Handlebar: Felt DEVOX UHC-Nano Ultra Hybrid Composite Carbon Fiber Monocoque Bar w/ 3K finish & Ergonomic Drop, Ø31.8mm, 51cm=400mm, 54cm=420mm, 56cm-61cm=440mm, *205 grams* (_emphasis added_).

We need to change the bar anyway, since when fitting her to the bike, the bike shop determined that the 440mm is just too wide for her (the 56cm frame otherwise fits her very well).

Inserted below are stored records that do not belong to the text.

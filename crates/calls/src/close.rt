// Close of trading: every copy that is outstanding is delivered.
ghost use Rattle.std.specs.Prelude.{◌≡◌, ◌≤◌};
ghost use Rattle.record.specs.Terms.{Terms};
ghost use Rattle.calls.specs.Lent.{Stands, Stand};
ghost use Rattle.calls.specs.Done.{Closes};

use super::lent::Store;

impl Store {
    // It takes the lowest put that some site lacks, of a row difference, until there is none; its needs are met at every site that lacks it. The result is how
    // many copies there were.
    pub fn close(&mut self, n: usize) -> u32
        requires n_bound { n ≤ 8 }
        requires stand { Stand n self.old }
        ensures closes { (t : Terms) → Stands n t self.old → Closes n t self.old self.new result }
        ensures same_events { (self.new.sees ≡ self.old.sees) × (self.new.events ≡ self.old.events) }
    {
        let mut copies: u32 = 0;
        while let Some(lacked) = self.first_lacked(n) {
            for t in 0..n {
                if !rows::test(&self.known[t], lacked) {
                    self.deliver(t, lacked);
                    copies += 1;
                }
            }
        }
        copies
    }
}
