// One call: refused, or done.
ghost use Rattle.std.specs.Prelude.{◌≤◌};
ghost use Rattle.record.specs.Encode.{little_bytes};
ghost use Rattle.record.specs.Terms.{Terms};
ghost use Rattle.calls.specs.Mirror.{call_of};
ghost use Rattle.calls.specs.Lent.{Stands, Stand};
ghost use Rattle.calls.specs.Done.{Called};

use super::lent::Store;
use super::make;
use super::script::Call;

impl Store {
    // The result is the call's answer.
    pub fn call(&mut self, n: usize, c: Call) -> [u8; 8]
        requires n_bound { n ≤ 8 }
        requires stand { Stand n self.old }
        ensures { (t : Terms) → Stands n t self.old → Called n t (call_of c) self.old self.new result }
    {
        self.answered(n, c).to_le_bytes()
    }

    // The same, its bytes as one number.
    fn answered(&mut self, n: usize, c: Call) -> u64
        requires n_bound { n ≤ 8 }
        requires stand { Stand n self.old }
        ensures { (t : Terms) → Stands n t self.old → Called n t (call_of c) self.old self.new (little_bytes 8 result) }
    {
        if let Err(refusal) = self.refused(n, c) {
            return refusal.number() as u64;
        }
        match c {
            Call::Put {
                site,
                object,
                value,
            } => self.put(site, object, value),
            Call::Get { site, object } => self.get(site, object),
            Call::Deliver { event, site } => {
                self.deliver(site as usize, event as usize);
                0
            }
            Call::Close => make::closed(self.close(n)),
            Call::Malformed => unreachable!(),
        }
    }
}
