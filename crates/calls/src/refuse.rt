// What refuses a call: questions 31 to 36, in that order.
ghost use Rattle.std.specs.Prelude.{◌≡◌, not, ◌&&◌, List, ℕ, ◌≤◌, leb, ltb, get_or};
ghost use Rattle.rows.specs.Row.{has};
ghost use Rattle.record.specs.Layout.{most_events};
ghost use Rattle.record.specs.Questions.{ask};
ghost use Rattle.record.specs.Terms.{Terms};
ghost use Rattle.store.specs.Rules.{reached, refusal};
ghost use Rattle.calls.specs.Mirror.{call_of, refused_number, number_in};
ghost use Rattle.calls.specs.Lent.{row_in, with_events, store_in};

use super::lent::Store;
use super::script::Call;
use super::sites;
use record::layout;

#[derive(Clone, Copy)]
pub enum Refusal {
    IllFormed,
    NoSuchSite,
    NoSuchObject,
    NoSuchPut,
    Full,
    AlreadyKnown,
    NeedsUnmet,
}

impl Refusal {
    // The number of the question that got a no. One number asks of a put's or a get's object and of a delivery's put.
    pub fn number(self) -> u8
        ensures { result ≡ refused_number self }
    {
        match self {
            Refusal::IllFormed => 31,
            Refusal::NoSuchSite => 32,
            Refusal::NoSuchObject | Refusal::NoSuchPut => 33,
            Refusal::Full => 34,
            Refusal::AlreadyKnown => 35,
            Refusal::NeedsUnmet => 36,
        }
    }
}

impl Store {
    // Of a put or a get.
    fn event_refused(&self, n: usize, site: u8, object: u8) -> Result<(), Refusal>
        ensures { number_in result ≡ ask (ltb site n) 32 (ask (leb object 31) 33 (ask (ltb self.now.count most_events) 34 0)) }
    {
        if n <= site as usize {
            Err(Refusal::NoSuchSite)
        } else if 31 < object {
            Err(Refusal::NoSuchObject)
        } else if layout::EVENTS <= self.count {
            Err(Refusal::Full)
        } else {
            Ok(())
        }
    }

    // Of a delivery.
    fn delivery_refused(&self, n: usize, s: usize, w: usize) -> Result<(), Refusal>
        requires { (n ≤ 8) × (self.now.count ≤ most_events) }
        ensures { number_in result ≡ ask (ltb s n) 32 (ask (ltb w self.now.count && has self.now.puts w) 33 (ask (not (has (row_in self.now.known s) w)) 35 (ask (reached 8 (λ i. get_or (row_in self.now.needs w) i 0) (λ i. get_or (row_in self.now.held s) i 0)) 36 0))) }
    {
        if n <= s {
            Err(Refusal::NoSuchSite)
        } else if self.count <= w || !rows::test(&self.puts, w) {
            Err(Refusal::NoSuchPut)
        } else if rows::test(&self.known[s], w) {
            Err(Refusal::AlreadyKnown)
        } else if !sites::reaches(self.site_at(s).counts, self.needs[w]) {
            Err(Refusal::NeedsUnmet)
        } else {
            Ok(())
        }
    }

    // A call is not asked of what events see, nor of their words.
    pub fn refused(&self, n: usize, c: Call) -> Result<(), Refusal>
        requires { (n ≤ 8) × (self.now.count ≤ most_events) }
        ensures { (t : Terms) (sees : List (List ℕ)) (events : List ℕ) → number_in result ≡ refusal n (store_in t (with_events self.now sees events)) (call_of c) }
    {
        match c {
            Call::Put { site, object, .. } => self.event_refused(n, site, object),
            Call::Get { site, object } => self.event_refused(n, site, object),
            Call::Deliver { event, site } => {
                self.delivery_refused(n, site as usize, event as usize)
            }
            Call::Close => Ok(()),
            Call::Malformed => Err(Refusal::IllFormed),
        }
    }
}
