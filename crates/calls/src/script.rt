// Calls in the bytes of a script.
ghost use Rattle.std.specs.Prelude.{◌≡◌, ◌+◌, ◌≤◌, length};
ghost use Rattle.store.specs.Calls.{call_at};
ghost use Rattle.calls.specs.Mirror.{call_of};

use rows::octets;

// A call as it was decoded.
#[derive(Clone, Copy)]
pub enum Call {
    Put { site: u8, object: u8, value: u32 },
    Get { site: u8, object: u8 },
    // Put `event` to a site.
    Deliver { event: u16, site: u8 },
    Close,
    Malformed,
}

// The call's eight bytes are read as one word. A close and a put are told by themselves: over four kinds the match compiles to a jump by a table, which is slower,
// and over three it asks for a put last.
pub fn asked_at(s: &[u8], at: usize) -> Call
    requires { at + 8 ≤ length s.now }
    ensures { call_of result ≡ call_at s.now at }
{
    let x = octets::u64_at(s, at);
    if x == 4 {
        return Call::Close;
    }
    let kind = x % 0x100;
    let site = (x / 0x100 % 0x100) as u8;
    if kind == 1 {
        return if x / 0x100_0000 % 0x100 == 0 {
            Call::Put {
                site,
                object: (x / 0x1_0000 % 0x100) as u8,
                value: (x / 0x1_0000_0000) as u32,
            }
        } else {
            Call::Malformed
        };
    }
    match kind {
        2 if x / 0x100_0000 == 0 => Call::Get {
            site,
            object: (x / 0x1_0000 % 0x100) as u8,
        },
        3 if x / 0x1_0000 % 0x1_0000 == 0 && x / 0x1_0000_0000_0000 == 0 => Call::Deliver {
            event: (x / 0x1_0000_0000) as u16,
            site,
        },
        _ => Call::Malformed,
    }
}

So in the final analysis, I guess I have three questions:


Is the factory installed Devox handlebar on the 2010 Z2 the reinforced, Clip-on compatible, handlebar?
If YES, would this reinforcement be satisfactory for mounting a small Topeak handlebar bag, where the mounting clamp attaches on either side of the stem?
If NO, what is the measurement of the "drop" on these handlebars, so that we can try to duplicate them without spending a lot of time trying to guess? The shop sort of measured them, and came up with 5-1/2", which would be 137.5 mm, but I didn't take the measurement myself so I'm not sure how accurate it was. The shop is an hour away, I can't get down there until Saturday, and that is when we are hoping to pick the bike up, ready to ride.
Thanks,
-- Don4


----------



## Superdave3T (May 11, 2009)

Don4 said:


> We just bought a 2010 Felt Z2 for my wife, and since she like to have a bag up front for "stuff", we were planning to swap it out the Devox Carbon Road Handlebar that comes with the bike for an alloy one, since the Topeak bag she likes clamps to the handlebar -- either side of the stem. Specifically, we are talking the Topeak TourGuide Handlebar Bag http://www.topeak.com/products/Bags/TourGuideHandlebarBag
> 
> Digging a little further on the Felt website under Parts, specifically at http://www.feltbicycles.com/USA/Parts/Road-and-Tri-Parts/Devox-Carbon-Road-Handlebar.aspx revealed no information regarding the drop, but DID indicate that there are two different versions of this handlebar:
> 
> ...


The 2010 Felt Devox TE bar used on the Z2 should be fine with the handlebar bag you describe. Again clamping force only needs to be as great as what you can exert with your own hands. The bar has 149mm of drop from center to center in that size.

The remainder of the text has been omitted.